Markey has 10 co-sponsors for his amendment: Sens. Tammy Baldwin (D-Wis.), Maria Cantwell (D-Wash.), Dianne Feinstein (D-Calif.), Kirsten Gillibrand (D-N.Y.), Patrick Leahy (D-Vt.), Jeff Merkley (D-Ore.), Patty Murray (D-Wash.), Bernie Sanders (I-Vt.), Elizabeth Warren (D-Mass.), and Ron Wyden (D-Ore.).
As for when the NDAA will pass, “it’s gonna be this week or next week,” Sen. James Inhofe (R-Okla.), acting chairman of the Senate Armed Services Committee, told reporters Tuesday during the weekly party stakeout on the Senate side of Capitol Hill.
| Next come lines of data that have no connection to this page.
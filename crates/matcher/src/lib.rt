// Matchers: kinds of nodes, what a store of nodes is, and two stores.
#![tactic(auto)]

pub mod alloc;
pub mod kind;
pub mod node;
mod rows;
pub mod stores;
mod tables;
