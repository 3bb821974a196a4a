//! Why a program's words are no command.

ghost use Rattle.std.specs.Prelude.{◌≡◌};

use std::alloc::AllocError;
use std::io::ErrorKind;
use std::{fmt, io};
use thiserror::Error;

/// Why words were not understood.
#[derive(Clone, Copy, Debug, PartialEq, Eq, Error)]
pub enum WordsFault {
    /// Memory ran out.
    Memory,
    /// They are no command of this program, or one of them isn't text.
    BadWords,
}

impl WordsFault {
    ghost use Rattle.zarguments.specs.Words.{words_fault_text, words_fault_status};

    /// Returns the text that a program prints.
    pub fn text(self) -> &'static str
        ensures { result.now ≡ words_fault_text self }
    {
        match self {
            WordsFault::Memory => "zk: memory",
            WordsFault::BadWords => "zk: bad words",
        }
    }

    /// Returns the exit status that a program ends with: 1 for `Memory`, 2 for `BadWords`.
    pub fn status(self) -> u8
        ensures { result ≡ words_fault_status self }
    {
        match self {
            WordsFault::Memory => 1,
            WordsFault::BadWords => 2,
        }
    }
}

// By hand: the `Display` that `thiserror` derives has no `output`, so no clause could say what it
// writes.
impl fmt::Display for WordsFault {
    ghost use Rattle.std.specs.Prelude.{Some};
    ghost use Rattle.zarguments.specs.Words.{words_fault_text};

    ghost output = { λ fault. Some (words_fault_text fault) };

    fn fmt<W: fmt::Write>(&self, f: &mut fmt::Formatter<W>) -> fmt::Result {
        f.write_str(self.text())
    }
}

impl From<AllocError> for WordsFault {
    ghost use Rattle.zarguments.specs.declared.fault.WordsFault.TheVariants.{Memory};

    ghost from_gives = { λ _ fault. fault ≡ Memory };

    fn from(_error: AllocError) -> WordsFault {
        WordsFault::Memory
    }
}

// Converts the reason why the words could not be read: out of memory, or one of them is not text.
impl From<io::Error> for WordsFault {
    ghost use Rattle.std_io.specs.IoError.{error_kind};
    ghost use Rattle.zarguments.specs.Words.{fault_of_kind};

    ghost from_gives = { λ error fault. fault ≡ fault_of_kind (error_kind error) };

    fn from(error: io::Error) -> WordsFault {
        match error.kind() {
            ErrorKind::OutOfMemory => WordsFault::Memory,
            _ => WordsFault::BadWords,
        }
    }
}
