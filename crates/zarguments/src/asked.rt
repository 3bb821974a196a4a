//! The words of a command line, and the numbers that they give.

ghost use Rattle.std.specs.Prelude.{◌≡◌, ◌≢◌, IsErr, IsOk};
ghost use Rattle.clap.specs.Walk.{rows_of};
ghost use Rattle.clap.specs.Matches.{found_of};
ghost use Rattle.zarguments.specs.Asked.{GivesNumbers, asked_of, number_in, numbers_of, spellings, texts_of};

use crate::line::command_line;
use crate::options::NumberOption;
use clap::ArgMatches;
use clap::error::ErrorKind;
use std::alloc::{AllocError, Global};

/// Reads `zk NAME [--OPTION N] ..`, whose first word may be any. Returns the numbers of the
/// options, in their order. An option may be given at most once. Returns `None` for all other
/// words, also for a request for help.
///
/// `Err` means out of memory, and nothing else.
pub fn numbers_asked<'a>(
    alloc: Global,
    name: &'a str,
    options: &'a [NumberOption<'a>],
    words: &'a [&'a str],
) -> Result<Option<Vec<u16>>, AllocError>
    ensures { GivesNumbers result (asked_of name.now (spellings options.now) (texts_of words.now)) }
{
    let command = command_line(alloc, name, options)?;
    let matches = match command.try_get_matches_from(words) {
        Ok(matches) => matches,
        Err(error) => {
            distinct(error.kind())?;
            return Ok(None);
        }
    };
    match matches.subcommand_matches(name) {
        Some(given) => numbers_in(alloc, options, given),
        None => Ok(None),
    }
}

// Distinguishes out of memory from all other faults of a parse, which are the words' own.
fn distinct(kind: ErrorKind) -> Result<(), AllocError>
    ensures memory { IsErr result → kind ≡ ErrorKind.OutOfMemory }
    ensures words { IsOk result → kind ≢ ErrorKind.OutOfMemory }
{
    match kind {
        ErrorKind::OutOfMemory => Err(AllocError),
        _ => Ok(()),
    }
}

// Returns the numbers of the options among a subcommand's matches.
fn numbers_in(
    alloc: Global,
    options: &[NumberOption],
    given: &ArgMatches,
) -> Result<Option<Vec<u16>>, AllocError>
    ensures { GivesNumbers result (
        numbers_of (spellings options.now) (rows_of (found_of given.now))) }
{
    let mut numbers = Vec::new(alloc);
    for option in options {
        let Some(number) = number_in(given, option.name) else {
            return Ok(None);
        };
        numbers.push(number)?;
    }
    Ok(Some(numbers))
}

// Returns the number of an option.
fn number_in(given: &ArgMatches, name: &str) -> Option<u16>
    ensures { result ≡ number_in name.now (rows_of (found_of given.now)) }
{
    given.get_one::<u16>(name)
}
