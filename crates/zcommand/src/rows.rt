//! Worked examples of the definitions. Each clause is one; the bodies do nothing.

ghost use Rattle.std.specs.Prelude.{◌≡◌, codes, Err, Ok};
ghost use Rattle.zcommand.specs.support.Rows.{text_asked};

use zarguments::WordsFault;

/// Words of the program, separated by spaces, and how many servers they ask for.
pub fn words_ask_for_servers()
    ensures none { text_asked (codes "zk script") ≡ Ok 1 }
    ensures three { text_asked (codes "zk script --servers 3") ≡ Ok 3 }
    ensures most { text_asked (codes "zk script --servers=16") ≡ Ok 16 }
    ensures too_few { text_asked (codes "zk script --servers 0") ≡ Err WordsFault.BadWords }
    ensures too_many { text_asked (codes "zk script --servers 17") ≡ Err WordsFault.BadWords }
    ensures a_byte_more { text_asked (codes "zk script --servers 257") ≡ Err WordsFault.BadWords }
    ensures nothing { text_asked (codes "zk") ≡ Err WordsFault.BadWords }
{}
“We want more amendments, we want an open amendment process. We’re hoping to get to open amendments,” Inhofe said.
Already in the works is a manager’s package with 45 bipartisan, noncontroversial amendments, Inhofe said. The text of those amendments was not public at deadline Tuesday for Weapons Complex Morning Briefing.
Meanwhile, the White House on Monday issued a wait-and-see statement of administration policy about the Senate’s National Defense Authorization Act, in which it did not stake out a position on the bill’s proposed policies and spending limits.
The administration issued a more detailed statement about the NDAA passed by the House in May, which did not include specific objections to the lower chamber’s 2019 plans for the Department of Energy’s nuclear weapon programs.